Theo: One of the first times we had sex, Soula said over and over, “We have to be gentle.” We’re not usually rough anyway, but sometimes we could get a bit fast and hard.

Soula: Yeah, I said, “We have to be gentle and quick.”

Theo: Right, so we had to go for it, without going too hard.

Soula: One of the biggest mindfucks for me was that my pain response was delayed. During sex, I don’t have any problems, but the next day I would feel a lot of pain. So, I had to get over the knowledge that if we had sex, I’d feel it later. But once I got over that, I was totally there in it.

Theo: What killed me was that our spontaneity went out the window immediately.
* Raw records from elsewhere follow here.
//! Cuts the tokens of a source into units, and a module's body into statements of known forms.
//!
//! A unit goes from its first word to the first token that is its end word, a command to the first full stop; a body's
//! statement goes to the first full stop. docs/LANGUAGE.md has the statements and attributes, docs/ERRORS.md the
//! faults. What the words `fmod`, `mod`, `omod`, `fth`, `th`, `oth`, `view`, `smod` (and `proof`, where proofs are
//! asked for) begin is found up to its own end word; of these functional, system and object modules are read, the others
//! aren't in the profile. A system module may hold rules besides what a functional one does, and an object module
//! classes and messages too. Where the input ends first, a module, command or proof is unended; theories, views and
//! strategy modules aren't in the profile.
//!
//! - `read_unit` answers the unit that begins at a token, with its statements, or its fault; and the place of the next
//!   one. Each statement is read once, by `Form::of`: its form. Its names and sorts are words, which
//!   are lent by the source, or made where a form isn't one of the source (`Word`); its sides are slices of tokens.
//! - The end of a unit is looked at first, then its head, then its statements in order, and in a form the first place
//!   from the left that is at fault decides. A missing full stop comes last.
//! - Statements are read by a table (table.rt, specs/Rows): each place in a statement has rows, and the first row that
//!   a token meets says what becomes of it and where the next one stands. What is read is a list of parts, spans of
//!   tokens with their roles. What is known only from behind, or from a word ahead, is cut off before: the names of
//!   operators and variables end at the first colon, argument sorts at the first arrow; the label of an equation (`eq`)
//!   or a rule (`rl`) and its attributes (the group from the `[` that matches a last `]`, only these two counted, if
//!   its second token is an attribute's) are taken off, and a counter of `( [ { if` and `) ] } fi`, never below 0,
//!   finds the `=` that divides an equation, or the `=>` that divides a rule.
//! - `ceq` and `cq` state an equation with a condition, `crl` a rule with one. What is left of label and attributes is
//!   cut at the one `if` that no `fi` closes, of all tokens only these two counted, a `fi` closing the last `if` that
//!   is open; where none stays open, or several do, the statement is bad. Sides stand in front of it, divided as those
//!   of `eq` or `rl` are, and the condition behind it. Each `/\` that is outside by the counter above, from the
//!   condition's start on, divides it into fragments; and a fragment is divided by the first such `:=`, also where a
//!   `=` stands in front of it, or else by the first such `=`, or else is any other text: a sort test or a Boolean
//!   term. All these texts may be empty. A `=>` outside in a condition isn't in the profile. What is wrong is told in
//!   this order: the `if`, the sides, the condition, attributes.
//! - `op` has one name of one or more tokens, `ops` one or more, each a token or the tokens of a group in parentheses,
//!   of which only parentheses are counted.
//! - A class has a name and attributes (`Form::Class`); what it declares isn't told here. `subclass` and `subclasses`
//!   have the form of `subsort`, and `msg` and `msgs` that of `op` and `ops` with the value's sort `Msg`.
//! - `Attributes` holds what a list says: the axioms, with the word that names an identity, a precedence, a gather,
//!   `config`, frozen arguments, and whether two identities, precedences or gathers differ (`clash`). `add` joins what
//!   another list says.
//! - A statement with `owise` is refused: a rule as a bad statement, an equation as not in the profile.
//! - [`FaultKind`] has the faults of all layers, one kind for each refusal that the program prints.
//!
//! Proved: the unit at a place, exactly, with the next place; a fault exactly where there is one, and the first; the
//! next place is the same with a fault and without (`Reads`, specs/Units). A form with its parts, or exactly what is
//! wrong (`form_of`, specs/Forms); what two lists of attributes say together. Whatever the table says, parts stand one
//! after the other and are such as is wanted (`parts_ascend`): names are names, and there is a mark for each argument.
//! Operators are written as names, a colon, sorts, an arrow, and the rest (`operators_are_written`). What is known of
//! the statements of a unit that was read, and of what tokens they are made (`units_are_proper`).
//! `read_unit` asks for a place at which a token stands. `Memory` may come at any call.
//!
//! Cost: each statement is looked at a fixed number of times, and all units of a source take time linear in its tokens.
//! Only tested, by the sources in cases/: that the definitions are the language that is meant.
//!
//! A new form, or a new attribute, is rows of the table and a case of `form_behind` or `said_as`; a new kind of unit is
//! one of `unit_with`. What crates above know of the statements of a unit that was read stands in specs/Known, and of
//! what tokens they are made in specs/Tokens; proofs/Sources has the two laws. Crates above answer a `UnitError`, whose
//! fault has the property that `HasCause` names (specs/Causes).
#![tactic(auto)]

mod attribute;
mod classes;
mod conditions;
mod faults;
mod forms;
mod kinds;
mod machine;
mod openings;
mod operator_names;
mod operators;
mod sortings;
mod statements;
mod table;
mod units;
mod word;
mod words;

pub use attribute::Attributes;
pub use classes::ClassAttribute;
pub use conditions::WrittenFragment;
pub use faults::{Fault, FaultKind, UnitError};
pub use forms::Form;
pub use machine::parts_ascend;
pub use operators::operators_are_written;
pub use sortings::WrittenSort;
pub use units::{Lined, Stated, Unit, read_unit, units_are_proper};
pub use word::Word;
pub use words::{count_before, is_word, tokens_from};
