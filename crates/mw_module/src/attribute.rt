// What attributes of operators say.
ghost use Rattle.std.specs.Prelude.{◌≡◌, nat_eq, IfOk, OnOk};
ghost use Rattle.std.specs.Char.{is_ascii_digit};
ghost use Rattle.std.specs.List.{list_all};
ghost use Rattle.std.specs.Option.{option_or};
ghost use Rattle.mw_text.specs.Seen.{item_of};
ghost use Rattle.mw_module.specs.Attributes as attributes;
ghost use Rattle.mw_module.specs.Forms.{said_by, said_from};
ghost use Rattle.mw_module.specs.Attributes.{seen_attributes, no_attributes};
ghost use Rattle.mw_module.specs.Attributes.{differ, same_texts};

use crate::machine::{Part, behind_part, part_tokens};
use crate::table::Role;
use crate::word::{Word, add_again, add_words, first_word, words_again, words_of};
use crate::words::{count_before, is_word};
use mw_lex::Token;
use mw_term::Seq;
use mw_text::{NameItem, first_item};
use std::alloc::{AllocError, Global};

/// What the attributes of an operator say. Those that aren't here say nothing.
#[derive(Drop)]
pub struct Attributes<'s> {
    pub assoc: bool,
    pub comm: bool,
    /// The word that names the identity.
    pub identity: Option<Word<'s>>,
    pub precedence: Option<u32>,
    /// The marks, one for each argument.
    pub gather: Option<Seq<Word<'s>>>,
    pub config: bool,
    /// Whether all arguments are frozen.
    pub all_frozen: bool,
    /// The numbers of frozen arguments, as they are written.
    pub frozen: Vec<Word<'s>>,
    /// Whether there are two different identities, precedences or gathers.
    pub clash: bool,
}

// Whether the words are the same.
fn same_marks(marks: &[Word<'_>], others: &[Word<'_>]) -> bool
    ensures { result ≡ same_texts marks.now others.now }
{
    let mut left = marks;
    let mut right = others;
    while let [mark, after @ ..] = left {
        let [other, behind @ ..] = right else {
            return false;
        };
        if mark.as_slice() != other.as_slice() {
            return false;
        }
        left = after;
        right = behind;
    }
    right.is_empty()
}

// Whether two items are the same.
fn same_item(item: NameItem<'_>, other: NameItem<'_>) -> bool
    ensures { result ≡ attributes.same_item (item_of item.entry) (item_of other.entry) }
{
    match (item, other) {
        (NameItem::Piece(text), NameItem::Piece(other)) => text == other,
        (NameItem::Hole, NameItem::Hole) => true,
        _ => false,
    }
}

// Whether two texts spell one name.
fn same_name(text: &[u8], other: &[u8]) -> bool
    ensures { result ≡ attributes.same_name text.now other.now }
{
    let mut left = text;
    let mut right = other;
    while let Some((item, after)) = first_item(left) {
        let Some((other, behind)) = first_item(right) else {
            return false;
        };
        if !same_item(item, other) {
            return false;
        }
        left = after;
        right = behind;
    }
    first_item(right).is_none()
}

// Whether there are two identities, and they differ.
fn identities_differ(first: &Option<Word<'_>>, second: &Option<Word<'_>>) -> bool
    ensures { result ≡ differ attributes.same_name first.now second.now }
{
    match (first, second) {
        (Some(first), Some(second)) => !same_name(first.as_slice(), second.as_slice()),
        _ => false,
    }
}

// Whether there are two precedences, and they differ.
fn precedences_differ(first: Option<u32>, second: Option<u32>) -> bool
    ensures { result ≡ differ nat_eq first second }
{
    match (first, second) {
        (Some(first), Some(second)) => first != second,
        _ => false,
    }
}

// Whether there are two gathers, and they differ.
fn gathers_differ(first: &Option<Seq<Word<'_>>>, second: &Option<Seq<Word<'_>>>) -> bool
    ensures { result ≡ differ same_texts first.now second.now }
{
    match (first, second) {
        (Some(first), Some(second)) => !same_marks(first.as_slice(), second.as_slice()),
        _ => false,
    }
}

// Whether they say two different identities, precedences or gathers.
fn disagree(first: &Attributes<'_>, second: &Attributes<'_>) -> bool
    ensures { result ≡ attributes.disagree (seen_attributes first.now) (seen_attributes second.now) }
{
    identities_differ(&first.identity, &second.identity)
        || precedences_differ(first.precedence, second.precedence)
        || gathers_differ(&first.gather, &second.gather)
}

// The first identity, or the second where there is none.
fn add_identity<'s>(
    alloc: Global,
    first: &mut Option<Word<'s>>,
    second: &Option<Word<'s>>,
) -> Result<(), AllocError>
    ensures { OnOk result (first.new ≡ option_or first.old second.now) }
{
    if first.is_none()
        && let Some(word) = second
    {
        *first = Some(word.again(alloc)?);
    }
    Ok(())
}

// The first gather, or the second where there is none.
fn add_gather<'s>(
    alloc: Global,
    first: &mut Option<Seq<Word<'s>>>,
    second: &Option<Seq<Word<'s>>>,
) -> Result<(), AllocError>
    ensures { OnOk result (first.new ≡ option_or first.old second.now) }
{
    if first.is_none()
        && let Some(marks) = second
    {
        *first = Some(words_again(alloc, marks.as_slice())?);
    }
    Ok(())
}

impl<'s> Attributes<'s> {
    /// No attributes.
    pub fn none(alloc: Global) -> Attributes<'s>
        ensures { seen_attributes result ≡ no_attributes }
    {
        Attributes {
            assoc: false,
            comm: false,
            identity: None,
            precedence: None,
            gather: None,
            config: false,
            all_frozen: false,
            frozen: Vec::new(alloc),
            clash: false,
        }
    }

    // What is said of yes or no, and precedences.
    fn add_plain(&mut self, other: &Attributes<'s>)
        ensures { let says = seen_attributes other.now in
            seen_attributes self.new ≡ attributes.joined_plainly (seen_attributes self.old) says }
    {
        self.clash = self.clash | other.clash | disagree(self, other);
        self.assoc |= other.assoc;
        self.comm |= other.comm;
        self.precedence = self.precedence.or(other.precedence);
        self.config |= other.config;
        self.all_frozen |= other.all_frozen;
    }

    /// Adds what others say: of two values that differ the first stays, and they clash.
    pub fn add(&mut self, alloc: Global, other: &Attributes<'s>) -> Result<(), AllocError>
        ensures { let says = seen_attributes other.now in
            OnOk result (seen_attributes self.new ≡ attributes.joined (seen_attributes self.old) says) }
    {
        self.add_plain(other);
        add_identity(alloc, &mut self.identity, &other.identity)?;
        add_gather(alloc, &mut self.gather, &other.gather)?;
        add_again(alloc, &mut self.frozen, other.frozen.as_slice())
    }

    /// The same again.
    pub fn again(&self, alloc: Global) -> Result<Attributes<'s>, AllocError>
        ensures { IfOk result (λ a. seen_attributes a ≡ seen_attributes self.now) }
    {
        let mut again = Attributes::none(alloc);
        again.add(alloc, self)?;
        Ok(again)
    }
}

fn is_digit(byte: u8) -> bool
    ensures { result ≡ is_ascii_digit byte }
{
    byte.is_ascii_digit()
}

// A precedence: a number from 0 to 127.
fn precedence_of(text: &[u8]) -> Option<u32>
    ensures { result ≡ attributes.precedence_of text.now }
{
    let number = match text {
        [a] if is_digit(*a) => (*a - b'0') as u32,
        [a, b] if is_digit(*a) && is_digit(*b) && *a != b'0' => {
            10 * (*a - b'0') as u32 + (*b - b'0') as u32
        }
        [a, b, c] if is_digit(*a) && is_digit(*b) && is_digit(*c) && *a != b'0' => {
            100 * (*a - b'0') as u32 + 10 * (*b - b'0') as u32 + (*c - b'0') as u32
        }
        _ => return None,
    };
    if number < 128 { Some(number) } else { None }
}

/// Whether the text is a precedence.
pub fn is_precedence(text: &[u8]) -> bool
    ensures { result ≡ attributes.is_precedence text.now }
{
    precedence_of(text).is_some()
}

// Whether this is a mark of a gather.
fn is_mark(token: &Token) -> bool
    ensures { result ≡ attributes.is_mark token.now }
{
    is_word(token, b"e") || is_word(token, b"E") || is_word(token, b"&")
}

/// Whether these are marks of a gather.
pub fn are_marks(tokens: &[Token]) -> bool
    ensures { result ≡ list_all attributes.is_mark tokens.now }
{
    tokens.iter().all(is_mark)
}

// The precedence that a token is.
fn precedence_in(tokens: &[Token]) -> Option<u32>
    ensures { result ≡ attributes.precedence_in tokens.now }
{
    match tokens {
        [number, ..] => precedence_of(number.text.as_slice()),
        [] => None,
    }
}

// What stands behind the word `frozen` and says which arguments: numbers in parentheses, or nothing, which says all.
fn frozen_by<'s>(alloc: Global, behind: &'s [Token]) -> Result<Attributes<'s>, AllocError>
    ensures { IfOk result (λ a. seen_attributes a ≡ attributes.frozen_by behind.now) }
{
    let mut says = Attributes::none(alloc);
    match behind {
        [open, rest @ ..] if is_word(open, b"(") => {
            let numbers = &rest[..count_before(rest, b")")];
            add_words(&mut says.frozen, numbers)?;
        }
        _ => says.all_frozen = true,
    }
    Ok(says)
}

// What one attribute says, with what stands behind it.
fn said_as<'s>(
    alloc: Global,
    role: Role,
    tokens: &'s [Token],
    behind: &'s [Token],
) -> Result<Attributes<'s>, AllocError>
    ensures { IfOk result (λ a. seen_attributes a ≡ attributes.said_as role tokens.now behind.now) }
{
    if matches!(role, Role::Frozen) {
        return frozen_by(alloc, behind);
    }
    let mut says = Attributes::none(alloc);
    match role {
        Role::Assoc => says.assoc = true,
        Role::Comm => says.comm = true,
        Role::Identity => says.identity = first_word(tokens),
        Role::Config => says.config = true,
        Role::Precedence => says.precedence = precedence_in(tokens),
        Role::Gather => says.gather = Some(words_of(alloc, tokens)?),
        Role::Frozen | Role::Words | Role::Sort(_) | Role::Silent | Role::Nonexec | Role::Owise =>
            {}
    }
    Ok(says)
}

// Adds what the attribute says that a part is.
fn add_part<'s>(
    alloc: Global,
    said: &mut Attributes<'s>,
    tokens: &'s [Token],
    part: Part,
) -> Result<(), AllocError>
    ensures { OnOk result (seen_attributes said.new
        ≡ attributes.joined (seen_attributes said.old) (said_by tokens.now part)) }
{
    let says = said_as(
        alloc,
        part.role,
        part_tokens(tokens, part),
        behind_part(tokens, part),
    )?;
    said.add(alloc, &says)
}

/// What attributes say together.
pub fn said<'s>(
    alloc: Global,
    tokens: &'s [Token],
    parts: &[Part],
) -> Result<Attributes<'s>, AllocError>
    ensures { IfOk result (λ a. seen_attributes a ≡ said_from tokens.now no_attributes parts.now) }
{
    let mut said = Attributes::none(alloc);
    for part in parts {
        add_part(alloc, &mut said, tokens, *part)?;
    }
    Ok(said)
}
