// The words that a statement names.
ghost use Rattle.std.specs.Prelude.{◌≡◌, ◌++◌, map, IfOk, OnOk};
ghost use Rattle.mw_module.specs.Words.{texts, first_text, seen_lists};

use mw_lex::Token;
use mw_term::Seq;
use std::alloc::{AllocError, Global};
use std::marker::Model;

/// How the bytes of a word are held.
#[derive(Drop)]
enum HeldWord<'s> {
    Lent(&'s [u8]),
    Made(Vec<u8>),
}

/// A word: lent by a source, or by the program itself, or made. Contracts see its bytes.
#[derive(Drop)]
pub struct Word<'s> {
    held: HeldWord<'s>,
}

impl<'s> Model for Word<'s> {
    ghost use Rattle.std.specs.Prelude.{List, ℕ};
    ghost use Rattle.mw_module.specs.Held.{held_bytes};

    ghost Value = { List ℕ };

    ghost view = { λ w. held_bytes w.held };
}

impl<'s> Word<'s> {
    /// The word of these bytes, which stay where they are.
    pub fn lent(bytes: &'s [u8]) -> Word<'s>
        ensures { result ≡ bytes.entry.now }
    {
        let held = HeldWord::Lent(bytes);
        Word { held }
    }

    /// The word of these bytes, which it holds.
    pub fn made(bytes: Vec<u8>) -> Word<'s>
        ensures { result ≡ bytes.items }
    {
        let held = HeldWord::Made(bytes);
        Word { held }
    }

    /// Its bytes.
    pub fn as_slice(&self) -> &[u8]
        ensures { result.now ≡ self.now }
    {
        match &self.held {
            HeldWord::Lent(bytes) => bytes,
            HeldWord::Made(bytes) => bytes.as_slice(),
        }
    }

    /// The same word again: lent where this one is.
    pub fn again(&self, alloc: Global) -> Result<Word<'s>, AllocError>
        ensures { IfOk result (λ w. w ≡ self.now) }
    {
        match &self.held {
            HeldWord::Lent(bytes) => Ok(Word::lent(bytes)),
            HeldWord::Made(bytes) => Ok(Word::made(bytes.as_slice().to_vec(alloc)?)),
        }
    }
}

/// Adds the words that tokens are behind others.
pub fn add_words<'s>(words: &mut Vec<Word<'s>>, tokens: &'s [Token]) -> Result<(), AllocError>
    ensures { OnOk result (words.new.items ≡ words.old.items ++ texts tokens.now) }
{
    for token in tokens {
        words.push(Word::lent(token.text.as_slice()))?;
    }
    Ok(())
}

/// The words that tokens are.
pub fn words_of<'s>(alloc: Global, tokens: &'s [Token]) -> Result<Seq<Word<'s>>, AllocError>
    ensures { IfOk result (λ words. words ≡ texts tokens.now) }
{
    let mut words = Vec::with_capacity(alloc, tokens.len())?;
    add_words(&mut words, tokens)?;
    Ok(Seq::of(words))
}

/// The words of each of these lists of tokens.
pub fn lists_of_words<'s>(
    alloc: Global,
    lists: &[&'s [Token]],
) -> Result<Seq<Seq<Word<'s>>>, AllocError>
    ensures { IfOk result (λ words. words ≡ map texts (seen_lists lists.now)) }
{
    let mut words = Vec::with_capacity(alloc, lists.len())?;
    for tokens in lists {
        words.push(words_of(alloc, tokens)?)?;
    }
    Ok(Seq::of(words))
}

/// The word that the first token is.
pub fn first_word<'s>(tokens: &'s [Token]) -> Option<Word<'s>>
    ensures { result ≡ first_text tokens.now }
{
    match tokens {
        [token, ..] => Some(Word::lent(token.text.as_slice())),
        [] => None,
    }
}

/// Adds words once more behind others.
pub fn add_again<'s>(
    alloc: Global,
    words: &mut Vec<Word<'s>>,
    others: &[Word<'s>],
) -> Result<(), AllocError>
    ensures { OnOk result (words.new.items ≡ words.old.items ++ others.now) }
{
    for word in others {
        words.push(word.again(alloc)?)?;
    }
    Ok(())
}

/// The words once more.
pub fn words_again<'s>(alloc: Global, words: &[Word<'s>]) -> Result<Seq<Word<'s>>, AllocError>
    ensures { IfOk result (λ again. again ≡ words.now) }
{
    let mut again = Vec::with_capacity(alloc, words.len())?;
    add_again(alloc, &mut again, words)?;
    Ok(Seq::of(again))
}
Before the fall, in the middle of the night or first thing in the morning one of us might go in for a touch and see what happened. Or, in the middle of the day, we’d get aroused and go for it. That was gone.

Soula: For over four years, we didn’t know what was going on. We were confused all the time.   

Theo: It was hard for me to wrap my head around this. Like, I’ve never broken a bone, but if someone breaks a bone and tells me the bone hurts, I can understand that. I believed Soula that she was in pain all the time, but I didn’t really get it in the same way. We tried to tick every box to figure this out. We went to a gynecologist, urologist, spinal surgeon, orthopedic surgeon.

Soula: At least twice to each. And as time went by, my symptoms got worse, and new ones developed. Like, in the third year, I developed hypersensitivity in my clitoris. It was almost like someone had put my vulva on a live wire. It was like torture. It made me jumpy during sex. I got to the point where I had to sleep for three hours in the middle of every day just to function, because my pain usually subsided after sleep, and I could get things done again when I woke up.

Then an orthopedic surgeon examined me and said, “You’ve got nerve pain.” He sent me to a specialist who told me about these neuro stimulator implants that were often helpful for people with nerve pain. He said, “Why don’t we try one of these and see if it helps before we do something really invasive, like surgery to your coccyx?” I’m so thankful to him for that, because many people with pudendal neuralgia end up getting invasive surgeries. The stimulator helped. And while I did have to have an enlarged ligament in my back removed, my spine is fully intact.

The diagnosis also finally gave us an explanation for what was going on. We also found this great physiotherapist who had an aura of comfort and confidence about her, as well as in-depth knowledge about pudendal neuralgia, and we felt like we could discuss anything with her—including sex. We could laugh about things with her.